UXLINK attacker transformed 1,620 ETH into 6.73m DAI on September 24.
The transaction occurred almost 48 hours after the preliminary exploit.
Inferno Drainer phishing rip-off drained 542m UXLINK tokens price $43m.
The UXLINK hack has taken one other sudden flip because the attacker behind the exploit continues to shuffle stolen belongings in an try and money out.
On-chain trackers present that within the early hours of September 24, the hacker transformed 1,620 ETH into DAI stablecoins, valued at round $6.8 million.
The motion got here almost 48 hours after the preliminary exploit and was the primary main conversion of stolen funds.
Nonetheless, investigators additionally found that the attacker had already misplaced a big a part of their loot to a phishing rip-off, including an uncommon twist to one of many largest exploits in latest months.
Attacker converts ETH to stablecoins
Blockchain information revealed that the attacker swapped 1,620 ETH for six.73 million DAI on September 24.
This marked the primary important try to remodel the stolen tokens into steady belongings.
Earlier than this transaction, the hacker had engaged in heavy fund shuffling throughout a number of wallets.
These actions used a mixture of decentralised and centralised exchanges, a standard laundering tactic to obscure the path.
The fund motion was flagged by on-chain monitoring accounts, together with Lookonchain, which confirmed the ETH-to-DAI swap.
The exercise means that the attacker could also be testing liquidity and off-ramping methods regardless of heightened surveillance from exchanges and safety corporations.
Phishing drains $43 million in UXLINK tokens
In a shocking twist, the attacker’s personal safety misstep led to a further loss.
Investigators discovered that the hacker interacted with a malicious contract linked to the Inferno Drainer phishing group.
This error allowed 542 million UXLINK tokens, price roughly $43 million on the time, to be drained instantly from the attacker’s pockets.
For UXLINK, it has created a state of affairs the place a considerable a part of the stolen tokens is now within the fingers of a separate malicious actor.
How the exploit unfolded
The hack started on September 22 and prolonged into the next day.
In keeping with safety researchers, the foundation of the exploit was a delegate name vulnerability inside UXLINK’s multi-sig pockets.
This flaw gave the attacker administrator-level entry, enabling them to switch belongings with out approval and mint pretend tokens.
The attacker minted near 10 trillion CRUXLINK tokens on the Arbitrum blockchain.
They shortly liquidated a portion into ETH, USDC, and different belongings, draining liquidity swimming pools and inflicting the token worth to break down by greater than 70%.
The speedy influence worn out hundreds of thousands in market worth.
In response, UXLINK contacted main exchanges to freeze suspicious transfers and partnered with safety corporations to hint transactions.
Nonetheless, a lot of the harm had already been completed by the point these measures had been applied.
Protocol response and restoration efforts
UXLINK has since launched emergency measures aimed toward rebuilding safety and market belief.

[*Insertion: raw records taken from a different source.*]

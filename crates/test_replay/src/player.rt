// Makes the call of a line on a drive, and writes its line of the transcript. No other file knows the controller.
ghost use Rattle.std.specs.Prelude.{◌≤◌, length};

use calls::Controller;
use drive::{Drive, Marks, Phase, Step};
use table::Table;
use test_script::{Call, Line, Place};
use test_text::Page;

// A call with what its line brings: a number, which is a byte, further bytes, and how many bytes the call is lent, if the line
// says so.
#[derive(Clone, Copy)]
struct Request<'a> {
    call: Call,
    byte: u8,
    bytes: &'a [u8],
    lent: Option<usize>,
}

impl<'a> Request<'a> {
    // Makes the call, which is lent all of buf.
    fn make(&self, drive: Drive, buf: &mut [u8]) -> Step {
        let unit = Controller(drive);
        match self.call {
            Call::Start => unit.start(buf),
            Call::Raise => unit.raise(buf),
            Call::Lower => unit.lower(buf, self.byte),
            Call::Feed => unit.feed(buf, self.bytes),
            Call::Surface => unit.surface(buf, self.byte, self.bytes),
            Call::Reset => unit.reset(buf),
            Call::Image => unit.image(buf),
            Call::Convert => Step {
                drive,
                answer: calls::convert(self.bytes, buf),
            },
        }
    }

    // Makes the call, which is lent the first n bytes of s, or all where there are fewer.
    fn make_cut(&self, drive: Drive, s: &mut [u8], n: usize) -> Step {
        let n = n.min(s.len());
        self.make(drive, &mut s[..n])
    }

    // Makes the call, which is lent what the line says: so many bytes of buf, and zeros after its end. It is lent a copy, which is
    // put back: a wrong length changes nothing.
    fn make_lent(&self, drive: Drive, buf: &mut [u8]) -> Step
        requires { length buf.old ≤ 600 }
    {
        let mut copy = [0u8; 600];
        buffer::put(&mut copy, 0, buf);
        let step = self.make_cut(drive, &mut copy, self.lent.unwrap_or(buf.len()));
        buffer::put(buf, 0, buffer::cut(&copy, buf.len()));
        step
    }
}

// A drive between two calls, and its buffer.
#[derive(Clone, Copy)]
pub struct Player {
    drive: Drive,
    buf: [u8; 536],
}

impl Player {
    // Returns a drive that was never started: idle, no table, no latch, status 3 bit 7 not due.
    pub fn new() -> Player {
        let state = drive::State {
            phase: Phase::Idle,
            marks: Marks {
                known: false,
                changed: false,
                moved: false,
                latch: false,
                fresh: false,
            },
            command: [0; 6],
            count: 0,
            fed: 0,
            run: 0,
        };
        Player {
            drive: Drive {
                table: Table::empty(),
                causes: [0; 32],
                state,
            },
            buf: [0; 536],
        }
    }

    // Makes an image call, which is lent 532 bytes of EE hex.
    fn image(&mut self, request: &Request, page: &mut Page) {
        let mut image = [0xEE; 532];
        let step = request.make_lent(self.drive, &mut image);
        self.drive = step.drive;
        test_script::put_image(page, step.answer, &image);
    }

    // Makes a convert call, whose second buffer is as many bytes of EE hex as are lent, or 532.
    fn convert(&mut self, request: &Request, page: &mut Page) {
        let mut second = [0xEE; 600];
        let n = request.lent.unwrap_or(532);
        let step = request.make_cut(self.drive, &mut second, n);
        self.drive = step.drive;
        test_script::put_image(page, step.answer, buffer::cut(&second, n));
    }

    // Makes a call that is lent the drive's buffer.
    fn other(&mut self, request: &Request, page: &mut Page) {
        let step = request.make_lent(self.drive, &mut self.buf);
        self.drive = step.drive;
        test_script::put_call(page, step.answer, &self.buf);
    }

    // Makes the call of a line, if it is one, and writes its line of the transcript.
    pub fn play(&mut self, line: Line, number: u32, bytes: &[u8], page: &mut Page) {
        let Place::Takes(call, _) = line.place else {
            return;
        };
        let request = Request {
            call,
            byte: (number % 256) as u8,
            bytes: buffer::cut(bytes, line.used),
            lent: line.lent,
        };
        match call {
            Call::Image => self.image(&request, page),
            Call::Convert => self.convert(&request, page),
            _ => self.other(&request, page),
        }
    }
}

The group migrated to a newly audited sensible contract that included a capped provide to cut back the chance of limitless token minting.
The audit strengthened safeguards round multi-signature wallets and contract interactions.

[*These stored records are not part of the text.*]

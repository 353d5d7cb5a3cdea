// Runs a call script: reads it from standard input, makes its calls, one after another, on one drive,
// and writes the transcript, a line for each call.
#![tactic(auto)]

mod player;

use player::Player;
use std::io;
use test_script::{Brought, Line, Place};
use test_text::{Page, Script, read_all};

// A page written further than this has no room for a line, which has less than 100 characters.
const FULL: usize = 65000;

// The line's number, what was read of it, the numbers and the bytes that it brings, the drive, and the output that is not written
// yet.
#[derive(Drop)]
struct Run<'a> {
    number: u64,
    line: Line,
    numbers: [u32; 1],
    bytes: [u8; 4096],
    player: Player,
    page: Page<'a>,
}

impl<'a> Run<'a> {
    fn new(out: &'a mut [u8]) -> Run<'a> {
        Run {
            number: 1,
            line: Line::new(),
            numbers: [0],
            bytes: [0; 4096],
            player: Player::new(),
            page: Page::new(out),
        }
    }

    // Writes what is left, and the error if there is one. That of test_images has another limit, place and words.
    fn finish(&mut self, rt: &impl Print) -> io::Result<()> {
        self.page.make_room(rt, FULL)?;
        if let Place::Wrong(fault) = self.line.place {
            self.page.error(self.number, fault, b"no such call");
        }
        self.page.flush(rt)
    }
}

impl Script for Run<'_> {
    // Reads one more character.
    fn step(&mut self, ch: u8) {
        let mut brought = Brought {
            numbers: &mut self.numbers,
            bytes: &mut self.bytes,
        };
        self.line = test_script::step(self.line, ch, &mut brought);
    }

    // Ends a line: makes its call if it is one, and goes on to the next. A wrong line stays, and empties no output.
    fn end_line(&mut self, rt: &impl Print) -> io::Result<()> {
        if self.page.at > FULL {
            rt.write_all(self.page.written())?;
        }
        let mut brought = Brought {
            numbers: &mut self.numbers,
            bytes: &mut self.bytes,
        };
        self.line = test_script::end(self.line, &mut brought);
        if !self.is_open() {
            return Ok(());
        }
        if self.page.at > FULL {
            self.page.clear();
        }
        self.player
            .play(self.line, self.numbers[0], &self.bytes, &mut self.page);
        self.number = self.number.saturating_add(1);
        self.line = Line::new();
        Ok(())
    }

    // Says whether the line can still be right.
    fn is_open(&self) -> bool {
        !matches!(self.line.place, Place::Wrong(_))
    }
}

fn main(rt: HostRuntime) -> io::Result<()> {
    let mut input = [0u8; 65536];
    let mut out = [0u8; 65536];
    let mut run = Run::new(&mut out);
    read_all(&mut run, &rt, &mut rt.stdin(), &mut input)?;
    run.finish(&rt)
}
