//! The values that words write.

ghost use Rattle.std.specs.Prelude.{◌≡◌, ◌<◌, ◌^◌, ℕ, ℤ, List, length, MatchOption, IfSome, IfNone, FitsSigned};
ghost use Rattle.std.specs.Fmt.{signed_decimal};
ghost use Rattle.std.specs.Int.{w64};
ghost use Rattle.domains.specs.declared.Value.{Value as AnyValue};
ghost use Rattle.typed_expr.specs.declared.expr.ValueKind.TheVariants as kind;
ghost use Rattle.job_inputs.specs.Wanting.{WritesValue, Wants};

use ar_base::Text;
use domains::Value;
use itoa::Buffer;
use typed_expr::ValueKind;

/// The value of the kind that the word writes; without a word, the truth value true.
pub(crate) fn value_of(symbols: &[Text], kind: ValueKind, word: &Option<Text>) -> Option<Value>
    requires { length symbols.now < 2 ^ 32 }
    ensures { MatchOption result ((v : AnyValue) → Wants symbols.now word.now kind v → ⊥)
        (λ v. Wants symbols.now word.now kind v) }
{
    match word {
        Some(text) => written(symbols, kind, text.as_str()),
        None => match kind {
            ValueKind::Truth => Some(Value::Truth(true)),
            ValueKind::Whole => None,
            ValueKind::Symbol => None,
        },
    }
}

// The value of the kind that the word writes.
fn written(symbols: &[Text], kind: ValueKind, word: &str) -> Option<Value>
    requires { length symbols.now < 2 ^ 32 }
    ensures { MatchOption result ((v : AnyValue) → WritesValue symbols.now word.now kind v → ⊥)
        (λ v. WritesValue symbols.now word.now kind v) }
{
    match kind {
        ValueKind::Truth => truth(word),
        ValueKind::Whole => whole(word),
        ValueKind::Symbol => symbol(symbols, word),
    }
}

// The truth value that the word writes.
fn truth(word: &str) -> Option<Value>
    ensures { (symbols : List (List ℕ))
        → MatchOption result ((v : AnyValue) → WritesValue symbols word.now kind.Truth v → ⊥)
        (λ v. WritesValue symbols word.now kind.Truth v) }
{
    match word {
        "true" => Some(Value::Truth(true)),
        "false" => Some(Value::Truth(false)),
        _ => None,
    }
}

// The whole number that the word writes.
fn whole(word: &str) -> Option<Value>
    ensures { (symbols : List (List ℕ))
        → MatchOption result ((v : AnyValue) → WritesValue symbols word.now kind.Whole v → ⊥)
        (λ v. WritesValue symbols word.now kind.Whole v) }
{
    match word {
        "-0" => Some(Value::Whole(0)),
        _ => Some(Value::Whole(number(word)?)),
    }
}

// The number that the word writes without leading zeros.
fn number(word: &str) -> Option<i64>
    ensures found { IfSome result (λ n. FitsSigned w64 n × (word.now ≡ signed_decimal n)) }
    ensures none { IfNone result ((n : ℤ) → FitsSigned w64 n → word.now ≡ signed_decimal n → ⊥) }
{
    let Ok(n) = word.parse::<i64>() else {
        return None;
    };
    let mut buffer = Buffer::new();
    if buffer.format(n) == word {
        Some(n)
    } else {
        None
    }
}

// The symbol that the word names.
fn symbol(symbols: &[Text], word: &str) -> Option<Value>
    requires { length symbols.now < 2 ^ 32 }
    ensures { MatchOption result ((v : AnyValue) → WritesValue symbols.now word.now kind.Symbol v → ⊥)
        (λ v. WritesValue symbols.now word.now kind.Symbol v) }
{
    for place in 0..symbols.len() {
        if symbols[place].as_str() == word {
            return Some(Value::Symbol(place as u32));
        }
    }
    None
}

Regardless of these actions, the hacker continues to carry hundreds of thousands in belongings, and the latest ETH-to-DAI swap provides new complexity to monitoring restoration.
The extra phishing loss additional complicates issues, leaving uncertainty over how a lot of the unique stolen funds can ever be recovered.
With stolen belongings unfold throughout a number of chains, wallets, and malicious actors, restoration prospects stay restricted.